By Uday Cheruvu, CFA, Analyst, Telecommunications Services, Media and Entertainment | January 30, 2024
Did Netflix just put a headlock on the entertainment industry? On January 23, the company announced a US$5 billion deal to stream the professional wresting show Raw and other programs from World Wrestling Entertainment, expanding into live sports programming (the recent sexual-assault allegations against WWE founder Vince McMahon, which led to his resignation from the board of WWE’s parent company, appear unlikely to derail the partnership).
It’s an expansive deal, beginning in January 2025 and running for ten years.

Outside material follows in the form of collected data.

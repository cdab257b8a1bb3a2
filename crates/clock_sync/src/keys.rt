//! The two numbers that stand for all intervals that a clock was given. `TeamClock` alone uses them.

ghost use Rattle.std.specs.Prelude.{◌≡◌, ◌+◌, ◌*◌, ◌-◌, ◌<◌, ◌≤◌, ◌^◌, Some};
ghost use Rattle.clock_sync.specs.Keys.{ends, narrowed, IsInRange};

use tw_num::Interval;

/// Drift is in parts of this.
const MILLION: u128 = 1_000_000;

/// Keys are kept raised by this, so that none is below 0.
const RAISED: u128 = (1 << 60) * 1_000_000;

/// What stands for all the intervals that a clock was given: the greatest `lo * (1000000 + ppm) - h * 1000000` and the
/// least `hi * (1000000 - ppm) - h * 1000000`, each raised by `2^60 * 1000000`. Aged ends are floors of one common
/// fraction of these, so they keep their order.
#[derive(Clone, Copy)]
pub struct Keys {
    pub low: u128,
    pub high: u128,
}

impl Keys {
    /// The keys of the interval from `lo` to `hi`, in microseconds, that was given at the reading `h`.
    pub fn of(h: u64, lo: u64, hi: u64, ppm: u64) -> Keys
        requires reading { h < 2 ^ 60 }
        requires ordered { lo ≤ hi }
        requires range { hi < 3 * 2 ^ 61 }
        requires drift { ppm ≤ 1000 }
        ensures low { result.low + h * 1000000 ≡ lo * (1000000 + ppm) + 2 ^ 60 * 1000000 }
        ensures high { result.high + h * 1000000 ≡ hi * (1000000 - ppm) + 2 ^ 60 * 1000000 }
        ensures range { IsInRange result }
    {
        let at = u128::from(h) * MILLION;
        let drift = u128::from(ppm);
        Keys {
            low: u128::from(lo) * (MILLION + drift) + (RAISED - at),
            high: u128::from(hi) * (MILLION - drift) + (RAISED - at),
        }
    }

    /// The keys of what `self` and `before` stand for together.
    pub fn narrowed(self, before: Option<Keys>) -> Keys
        ensures { result ≡ narrowed before self }
    {
        match before {
            None => self,
            Some(keys) => Keys {
                low: self.low.max(keys.low),
                high: self.high.min(keys.high),
            },
        }
    }

    /// The ends that these keys give at the reading `h`.
    pub fn ends(self, h: u64, ppm: u64) -> Interval
        requires reading { h < 2 ^ 60 }
        requires drift { ppm ≤ 1000 }
        requires range { IsInRange self }
        ensures exact { result ≡ ends ppm h self }
        ensures low { result.lo < 2 ^ 63 }
        ensures high { result.hi < 2 ^ 63 }
    {
        let at = u128::from(h) * MILLION;
        let drift = u128::from(ppm);
        let low = (self.low + at).saturating_sub(RAISED + MILLION) / (MILLION + drift);
        let high = (self.high + at + MILLION).saturating_sub(RAISED) / (MILLION - drift);
        Interval {
            lo: low as u64,
            hi: high as u64,
        }
    }
}
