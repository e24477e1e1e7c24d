ghost use Rattle.std.specs.Prelude.{◌≡◌, ℕ, ◌<◌, ◌++◌, length, map, OnOk, All, string_bytes};
ghost use Rattle.std.specs.List.{flat_map};
ghost use Rattle.report_text.specs.Polynomials.{IsInLeast};
ghost use Rattle.report_text.specs.Certified.{name_of, regular_line, with_line, value_line, cofactors_below, certificate_text, IsNamedCertificate};

use crate::poly::write_poly;
use certificates::Certificate;
use sparse_poly::{Names, Poly, Polys};
use std::alloc::AllocError;

/// Appends the lines of a certificate for an initial of a chain.
pub(crate) fn write_certificate(
    text: &mut String,
    names: &Names,
    chain: &Polys,
    certificate: &Certificate,
) -> Result<(), AllocError>
    requires chain { All (IsInLeast (length names.now)) chain.now }
    requires certificate { IsNamedCertificate (length names.now) chain.now certificate.now }
    ensures { OnOk result
        (string_bytes text.new ≡ string_bytes text.old
        ++ certificate_text (map string_bytes names.now) chain.now certificate.now) }
{
    write_regular(text, names, certificate.of(), certificate.cofactor())?;
    write_below(text, names, chain, certificate)?;
    write_value(text, names, certificate.value())
}

/// Appends the line of the cofactor of an initial, whose polynomial has the main variable `v`.
fn write_regular(text: &mut String, names: &Names, v: usize, a: &Poly) -> Result<(), AllocError>
    requires variable { v < length names.now }
    requires cofactor { IsInLeast (length names.now) a.now }
    ensures { OnOk result
        (string_bytes text.new ≡ string_bytes text.old
        ++ regular_line (map string_bytes names.now) v a.now) }
{
    text.push_str("regular ")?;
    write_name(text, names, v)?;
    text.push_str(" by ")?;
    write_poly(text, names, a)?;
    text.push_str("\n")
}

/// Appends the lines of the cofactors of the polynomials below a certificate's main variable.
fn write_below(
    text: &mut String,
    names: &Names,
    chain: &Polys,
    certificate: &Certificate,
) -> Result<(), AllocError>
    requires chain { All (IsInLeast (length names.now)) chain.now }
    requires certificate { IsNamedCertificate (length names.now) chain.now certificate.now }
    ensures { OnOk result
        (string_bytes text.new ≡ string_bytes text.old
        ++ flat_map (with_line (map string_bytes names.now))
        (cofactors_below chain.now certificate.now)) }
{
    let below = certificate.below();
    let mut written = 0;
    for i in 0..chain.count() {
        match chain.at(i).main_var() {
            None => {}
            Some(u) => {
                if u < certificate.of() {
                    write_with(text, names, u, below.at(written))?;
                    written += 1;
                }
            }
        }
    }
    Ok(())
}

/// Appends the line of a cofactor of the polynomial with the main variable `u`, where it isn't 0.
fn write_with(text: &mut String, names: &Names, u: usize, b: &Poly) -> Result<(), AllocError>
    requires variable { u < length names.now }
    requires cofactor { IsInLeast (length names.now) b.now }
    ensures { OnOk result
        (string_bytes text.new ≡ string_bytes text.old
        ++ with_line (map string_bytes names.now) (u, b.now)) }
{
    if b.is_zero() {
        return Ok(());
    }
    text.push_str("with ")?;
    write_name(text, names, u)?;
    text.push_str(" ")?;
    write_poly(text, names, b)?;
    text.push_str("\n")
}

/// Appends the line of what the products add up to.
fn write_value(text: &mut String, names: &Names, r: &Poly) -> Result<(), AllocError>
    requires { IsInLeast (length names.now) r.now }
    ensures { OnOk result
        (string_bytes text.new ≡ string_bytes text.old
        ++ value_line (map string_bytes names.now) r.now) }
{
    text.push_str("value ")?;
    write_poly(text, names, r)?;
    text.push_str("\n")
}

/// Appends the name of a variable.
fn write_name(text: &mut String, names: &Names, v: usize) -> Result<(), AllocError>
    requires { v < length names.now }
    ensures { OnOk result
        (string_bytes text.new ≡ string_bytes text.old ++ name_of (map string_bytes names.now) v) }
{
    text.push_str(names.at(v).as_str())
}
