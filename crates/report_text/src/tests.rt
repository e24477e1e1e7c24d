ghost use Rattle.std.specs.Prelude.{All, IsTrue};
ghost use Rattle.report_text.specs.Polynomials.{IsInLeast};

use super::*;
use field_table::Field;
use mono_words::{Mono, VARS};
use sparse_poly::{Names, Poly, Polys};
use split_paths::{Path, Why};
use std::alloc::{AllocError, Global};
use std::test::Fail;
use system_parser::ParseError;

/// The names of a line of names, the least first.
pub(crate) fn names_of(alloc: Global, line: &str) -> Result<Names, AllocError> {
    let mut names = Names::new(alloc);
    for name in line.split(' ') {
        names.push(String::from_str(alloc, name)?)?;
    }
    Ok(names)
}

/// The monomial with these exponents, the least variable first.
fn monomial(exponents: &[u16]) -> Mono {
    let mut m = Mono::one();
    for (v, e) in exponents.iter().enumerate() {
        if v < VARS {
            m = m.max_exponents(Mono::power(v, *e));
        }
    }
    m
}

/// The sum of terms with these coefficients and exponents.
pub(crate) fn poly(alloc: Global, f: Field, terms: &[(u32, [u16; 4])]) -> Result<Poly, AllocError> {
    let mut list = Vec::new(alloc);
    for (c, exponents) in terms {
        if *c < f.prime() {
            list.push((monomial(exponents), *c))?;
        }
    }
    Poly::from_terms(alloc, f, &list)
}

/// Whether only the `k` least variables occur.
pub(crate) fn is_in_least(k: usize, f: &Poly) -> bool
    ensures { IsTrue result → IsInLeast k f.now }
{
    // Tells that there are `VARS` variables.
    let _ = f.terms();
    for v in k..VARS {
        if f.degree_in(v) > 0 {
            return false;
        }
    }
    true
}

/// Whether that holds of each of them.
pub(crate) fn are_in_least(k: usize, polys: &Polys) -> bool
    ensures { IsTrue result → All (IsInLeast k) polys.now }
{
    for i in 0..polys.count() {
        if !is_in_least(k, polys.at(i)) {
            return false;
        }
    }
    true
}

/// The text of a sum of terms, and no text where a variable has no name.
fn printed(alloc: Global, p: u64, names: &str, terms: &[(u32, [u16; 4])]) -> Result<String, Fail> {
    let names = names_of(alloc, names)?;
    let f = poly(alloc, Field::of(p)?, terms)?;
    if !is_in_least(names.count(), &f) {
        return Ok(String::new(alloc));
    }
    Ok(print_poly(alloc, &names, &f)?)
}

#[test]
fn terms_stand_from_the_greatest_on(rt: HostRuntime) -> Result<(), Fail> {
    let alloc = rt.alloc();
    let f = printed(
        alloc,
        5,
        "x y",
        &[(1, [1, 2, 0, 0]), (1, [0, 1, 0, 0]), (1, [0, 0, 0, 0])],
    )?;
    assert_eq!(rt; f.as_str(), "x*y^2 + y + 1");
    let f = printed(alloc, 5, "a x y", &[(4, [1, 0, 0, 0]), (1, [0, 2, 0, 0])])?;
    assert_eq!(rt; f.as_str(), "x^2 + 4*a");
    let f = printed(
        alloc,
        5,
        "x y z",
        &[
            (1, [1, 2, 1, 0]),
            (4, [0, 0, 0, 0]),
            (4, [0, 0, 1, 0]),
            (1, [0, 1, 1, 0]),
        ],
    )?;
    assert_eq!(rt; f.as_str(), "x*y^2*z + y*z + 4*z + 4");
    Ok(())
}

#[test]
fn coefficients_other_than_one_are_printed(rt: HostRuntime) -> Result<(), Fail> {
    let alloc = rt.alloc();
    let f = printed(
        alloc,
        101,
        "x y z",
        &[
            (1, [4, 0, 0, 0]),
            (97, [2, 0, 0, 0]),
            (4, [1, 0, 0, 0]),
            (100, [0, 0, 0, 0]),
        ],
    )?;
    assert_eq!(rt; f.as_str(), "x^4 + 97*x^2 + 4*x + 100");
    let f = printed(
        alloc,
        101,
        "x y z",
        &[
            (1, [2, 1, 0, 0]),
            (52, [2, 0, 0, 0]),
            (99, [1, 0, 0, 0]),
            (51, [0, 0, 0, 0]),
        ],
    )?;
    assert_eq!(rt; f.as_str(), "x^2*y + 52*x^2 + 99*x + 51");
    Ok(())
}

/// The nonzero line of a sum of terms, and no text where a variable has no name.
fn nonzero(alloc: Global, p: u64, names: &str, terms: &[(u32, [u16; 4])]) -> Result<String, Fail> {
    let names = names_of(alloc, names)?;
    let f = poly(alloc, Field::of(p)?, terms)?;
    if !is_in_least(names.count(), &f) {
        return Ok(String::new(alloc));
    }
    Ok(print_nonzero(alloc, &names, &f)?)
}

#[test]
fn polynomials_that_must_not_vanish_have_a_line_each(rt: HostRuntime) -> Result<(), Fail> {
    let alloc = rt.alloc();
    let line = nonzero(alloc, 5, "x", &[(1, [1, 0, 0, 0])])?;
    assert_eq!(rt; line.as_str(), "nonzero x\n");
    let line = nonzero(alloc, 5, "x", &[])?;
    assert_eq!(rt; line.as_str(), "nonzero 0\n");
    let line = nonzero(alloc, 5, "x", &[(3, [0, 0, 0, 0])])?;
    assert_eq!(rt; line.as_str(), "nonzero 3\n");
    let line = nonzero(
        alloc,
        101,
        "a b x y",
        &[(1, [1, 0, 0, 0]), (100, [0, 1, 0, 0])],
    )?;
    assert_eq!(rt; line.as_str(), "nonzero 100*b + a\n");
    Ok(())
}

#[test]
fn constants_are_printed_as_numbers(rt: HostRuntime) -> Result<(), Fail> {
    let alloc = rt.alloc();
    assert_eq!(rt; printed(alloc, 5, "x", &[])?.as_str(), "0");
    assert_eq!(rt; printed(alloc, 5, "x", &[(1, [0, 0, 0, 0])])?.as_str(), "1");
    let greatest = printed(alloc, 65537, "x", &[(65536, [0, 0, 0, 0])])?;
    assert_eq!(rt; greatest.as_str(), "65536");
    Ok(())
}

#[test]
fn exponents_reach_from_1_to_65535(rt: HostRuntime) -> Result<(), Fail> {
    let alloc = rt.alloc();
    let f = printed(alloc, 5, "x", &[(1, [65535, 0, 0, 0])])?;
    assert_eq!(rt; f.as_str(), "x^65535");
    let f = printed(
        alloc,
        5,
        "u_1 Vb",
        &[(2, [1, 65535, 0, 0]), (1, [1, 0, 0, 0])],
    )?;
    assert_eq!(rt; f.as_str(), "2*u_1*Vb^65535 + u_1");
    Ok(())
}

#[test]
fn powers_of_sixteen_variables_stand_in_order(rt: HostRuntime) -> Result<(), Fail> {
    let alloc = rt.alloc();
    let names = names_of(alloc, "a b c d e f g h i j k l m n o p")?;
    let m = monomial(&[1, 2, 3, 0, 1, 1, 65535, 9, 0, 0, 4, 1, 0, 12, 1, 65535]);
    let f = Poly::from_terms(alloc, Field::of(65537)?, &[(m, 1)])?;
    if is_in_least(names.count(), &f) {
        let printed = print_poly(alloc, &names, &f)?;
        assert_eq!(rt;
            printed.as_str(),
            "a*b^2*c^3*e*f*g^65535*h^9*k^4*l*n^12*o*p^65535"
        );
    }
    assert!(rt; is_in_least(VARS, &f));
    Ok(())
}

#[test]
fn a_chain_is_its_path_and_its_polynomials(rt: HostRuntime) -> Result<(), Fail> {
    let alloc = rt.alloc();
    let f = Field::of(101)?;
    let names = names_of(alloc, "x y z")?;
    let mut polys = Polys::new(alloc);
    let root = Path::root(alloc);
    let empty = print_plain_chain(alloc, &names, &root, &polys)?;
    assert_eq!(rt; empty.as_str(), "chain -\n");
    polys.push(poly(alloc, f, &[(1, [2, 0, 0, 0])])?)?;
    polys.push(poly(
        alloc,
        f,
        &[
            (1, [0, 2, 0, 0]),
            (100, [0, 1, 0, 0]),
            (100, [2, 0, 0, 0]),
            (1, [1, 0, 0, 0]),
        ],
    )?)?;
    polys.push(poly(
        alloc,
        f,
        &[
            (1, [0, 0, 1, 0]),
            (1, [0, 1, 0, 0]),
            (1, [2, 0, 0, 0]),
            (100, [0, 0, 0, 0]),
        ],
    )?)?;
    if are_in_least(names.count(), &polys) {
        let chain = print_plain_chain(alloc, &names, &root.child(2)?, &polys)?;
        assert_eq!(rt;
            chain.as_str(),
            "chain 2\npoly x^2\npoly y^2 + 100*y + 100*x^2 + x\npoly z + y + x^2 + 100\n"
        );
    }
    assert!(rt; are_in_least(3, &polys));
    Ok(())
}

#[test]
fn refusals_have_a_number_and_a_place(rt: HostRuntime) -> Result<(), Fail> {
    let alloc = rt.alloc();
    for (number, line, byte, text) in [
        (2, 1, 1, "refused 2 line 1 byte 1\n"),
        (3, 1, 7, "refused 3 line 1 byte 7\n"),
        (5, 2, 23, "refused 5 line 2 byte 23\n"),
        (12, 3, 65, "refused 12 line 3 byte 65\n"),
        (1, 1048577, 4, "refused 1 line 1048577 byte 4\n"),
    ] {
        let refused = print_refused(alloc, &ParseError { number, line, byte })?;
        assert_eq!(rt; refused.as_str(), text);
    }
    let too_long = print_too_long(alloc)?;
    assert_eq!(rt; too_long.as_str(), "refused 13\n");
    Ok(())
}

#[test]
fn usage_names_the_options(rt: HostRuntime) -> Result<(), Fail> {
    let alloc = rt.alloc();
    let many = print_usage(alloc, true)?;
    assert_eq!(rt;
        many.as_str(),
        "usage: triangularize [--workers K] [--steps S] [--width W] [--made K]\n"
    );
    let alone = print_usage(alloc, false)?;
    assert_eq!(rt;
        alone.as_str(),
        "usage: triangularize_alone [--steps S] [--width W] [--made K]\n"
    );
    Ok(())
}

#[test]
fn an_answer_ends_with_a_count_or_a_cause(rt: HostRuntime) -> Result<(), Fail> {
    let alloc = rt.alloc();
    assert_eq!(rt; print_end(alloc, 0)?.as_str(), "end 0\n");
    assert_eq!(rt;
        print_end(alloc, u64::MAX)?.as_str(),
        "end 18446744073709551615\n"
    );
    let root = Path::root(alloc);
    let below = root.child(1)?.child(2)?;
    assert_eq!(rt;
        print_stopped(alloc, &root, Why::Size)?.as_str(),
        "stopped - size\n"
    );
    assert_eq!(rt;
        print_stopped(alloc, &below, Why::Steps)?.as_str(),
        "stopped 1.2 steps\n"
    );
    Ok(())
}

#[test]
fn a_summary_counts_chains_and_polynomials(rt: HostRuntime) -> Result<(), Fail> {
    let alloc = rt.alloc();
    assert_eq!(rt;
        print_summary(alloc, 7, 34, 180)?.as_str(),
        "made 7\nchains 34\npolys 180\n"
    );
    Ok(())
}

#[test]
fn statuses_have_numbers(rt: HostRuntime) -> Result<(), Fail> {
    for (status, number) in [
        (Status::Chains, 0),
        (Status::Stopped, 1),
        (Status::Usage, 2),
        (Status::Refused, 3),
        (Status::ReadFault, 4),
        (Status::WriteFault, 5),
        (Status::OutOfMemory, 6),
    ] {
        assert_eq!(rt; status.number(), number);
    }
    Ok(())
}
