ghost use Rattle.std.specs.Prelude.{◌≡◌, ℕ, ◌≤◌, [], ◌∷◌, ◌++◌, length, map, IfOk, OnOk, string_bytes};
ghost use Rattle.polynomials.specs.Monomials.{exponent_of};
ghost use Rattle.report_text.specs.Laws.{SpellsOver, SpellsNonzeroOver};
ghost use Rattle.report_text.specs.Lines.{nonzero_line};
ghost use Rattle.report_text.specs.Polynomials.{power_text, power_texts, powers_text, term_text, poly_text, IsInLeast};

use mono_words::{Mono, VARS};
use sparse_poly::{Names, Poly};
use std::alloc::{AllocError, Global};
use std::fmt::Write;

/// The text of a polynomial.
pub fn print_poly(alloc: Global, names: &Names, f: &Poly) -> Result<String, AllocError>
    requires { IsInLeast (length names.now) f.now }
    ensures text { IfOk result (λ text.
        string_bytes text ≡ poly_text (map string_bytes names.now) f.now) }
    ensures spells { IfOk result (λ text.
        SpellsOver VARS (map string_bytes names.now) f.now (string_bytes text)) }
{
    f.facts();
    let mut text = String::new(alloc);
    write_poly(&mut text, names, f)?;
    Ok(text)
}

/// The line of a polynomial that must not vanish.
pub fn print_nonzero(alloc: Global, names: &Names, f: &Poly) -> Result<String, AllocError>
    requires { IsInLeast (length names.now) f.now }
    ensures text { IfOk result (λ text.
        string_bytes text ≡ nonzero_line (map string_bytes names.now) f.now) }
    ensures spells { IfOk result (λ text.
        SpellsNonzeroOver VARS (map string_bytes names.now) f.now (string_bytes text)) }
{
    let poly = print_poly(alloc, names, f)?;
    format!(in alloc; "nonzero {poly}\n")
}

/// Appends the text of a polynomial.
pub(crate) fn write_poly(text: &mut String, names: &Names, f: &Poly) -> Result<(), AllocError>
    requires { IsInLeast (length names.now) f.now }
    ensures { OnOk result
        (string_bytes text.new ≡ string_bytes text.old
        ++ poly_text (map string_bytes names.now) f.now) }
{
    let Some((first, others)) = f.terms().split_first() else {
        return text.push_str("0");
    };
    write_term(text, names, first)?;
    for t in others {
        text.push_str(" + ")?;
        write_term(text, names, t)?;
    }
    Ok(())
}

/// Appends the text of a term.
fn write_term(text: &mut String, names: &Names, t: &(Mono, u32)) -> Result<(), AllocError>
    requires { (v : ℕ) → length names.now ≤ v → exponent_of v t.now.0 ≡ 0 }
    ensures { OnOk result
        (string_bytes text.new ≡ string_bytes text.old
        ++ term_text (map string_bytes names.now) t.now) }
{
    let (m, c) = *t;
    // Tells that there are as many exponents as variables.
    m.shape();
    if c == 1 && !m.is_one() {
        return write_powers(text, names, m, true);
    }
    write!(text, "{c}")?;
    write_powers(text, names, m, false)
}

/// Appends the powers of a monomial, each behind `*` but for the first where they begin a term.
fn write_powers(
    text: &mut String,
    names: &Names,
    m: Mono,
    begin_term: bool,
) -> Result<(), AllocError>
    requires { (v : ℕ) → length names.now ≤ v → exponent_of v m ≡ 0 }
    ensures { OnOk result
        (string_bytes text.new ≡ string_bytes text.old
        ++ powers_text begin_term (power_texts (map string_bytes names.now) m)) }
{
    // Tells that there are as many exponents as variables.
    m.shape();
    let mut is_first = begin_term;
    for v in 0..VARS {
        let e = m.exponent(v);
        if e > 0 {
            write_factor(text, is_first, names.at(v).as_str(), e)?;
            is_first = false;
        }
    }
    Ok(())
}

/// Appends a power, behind `*` but for the first factor of a term.
fn write_factor(text: &mut String, is_first: bool, name: &str, e: u16) -> Result<(), AllocError>
    ensures { OnOk result
        (string_bytes text.new ≡ string_bytes text.old
        ++ powers_text is_first (power_text name.now e ∷ [])) }
{
    if !is_first {
        text.push_str("*")?;
    }
    write_power(text, name, e)
}

/// Appends a power; the exponent 1 isn't written.
fn write_power(text: &mut String, name: &str, e: u16) -> Result<(), AllocError>
    ensures { OnOk result
        (string_bytes text.new ≡ string_bytes text.old ++ power_text name.now e) }
{
    if e == 1 {
        return text.push_str(name);
    }
    write!(text, "{name}^{e}")
}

Netflix will air Raw in the US and internationally, and will have the rights to all WWE shows outside the US. It also may be a harbinger of what’s to come in the world of streaming services and sports. Over the next several years, the contracts for broadcast rights to the NBA, NFL, NHL, and MLB in the US will come up for renewal, as well as the domestic and US rights to top soccer leagues such as the Premier League (UK), La Liga (Spain), Seria A (Italy) and Bundesliga (Germany). The streaming services will be serious contenders in the bidding for all of them.
Netflix has previously declined to jump into sports. “We’re not anti-sports, we’re pro-profits,” co-CEO Ted Sarandos said last year. Making a major foray into sports, even if it’s a scripted one, may be a signal that Netflix is seeing—or at least planning for—a ceiling in terms of how many new subscribers it can attract without sports.
The biggest problem with sports programming is that while it does the things a broadcaster wants it to—steadily bring in dedicated viewers—over time the rights can become addictive for companies. If a sport increases in popularity, that improves profitability and hopefully leads to good returns on the investment for the rights holder. However, those attractive returns also lead to a higher renewal contract, which resets profitability at a lower level even when competitive dynamics are benign.
The problem for Netflix is that the sports-rights competition is not benign. Netflix will be competing with Paramount, Peacock, and Disney, as well as big-tech companies that have completely different strategic goals. For tech companies like Amazon and Apple, for example, “success” in terms of sports programming is more about e-commerce or hardware sales than subscriber profitability.
Netflix has spent roughly US$17 billion a year on content since 2021, a level it plans to maintain for the foreseeable future. The company said that the WWE deal would not add to its content budget, meaning it expects to spend less elsewhere. On one level, then, this is not an expensive bet. WWE already has a fanatical global audience and NBC is paying nearly US$300 million annually just for the US rights. Maybe US$500 million a year for global rights is a bargain.
Given Netflix doesn’t have any legacy networks to protect like some of its competitors do, it sidesteps a lot of the messy problems in the industry. But Netflix has its own set of pressures with which to contend. In 2023, Netflix’s subscriber base rose to 260 million, which was a record. Its growth rate, however, is slowing. In the past two years, the subscriber base is up 17%. In the two years prior to that, it rose 33%. Netflix used to be valued and treated like a tech stock. These days it is valued and treated more like a media company.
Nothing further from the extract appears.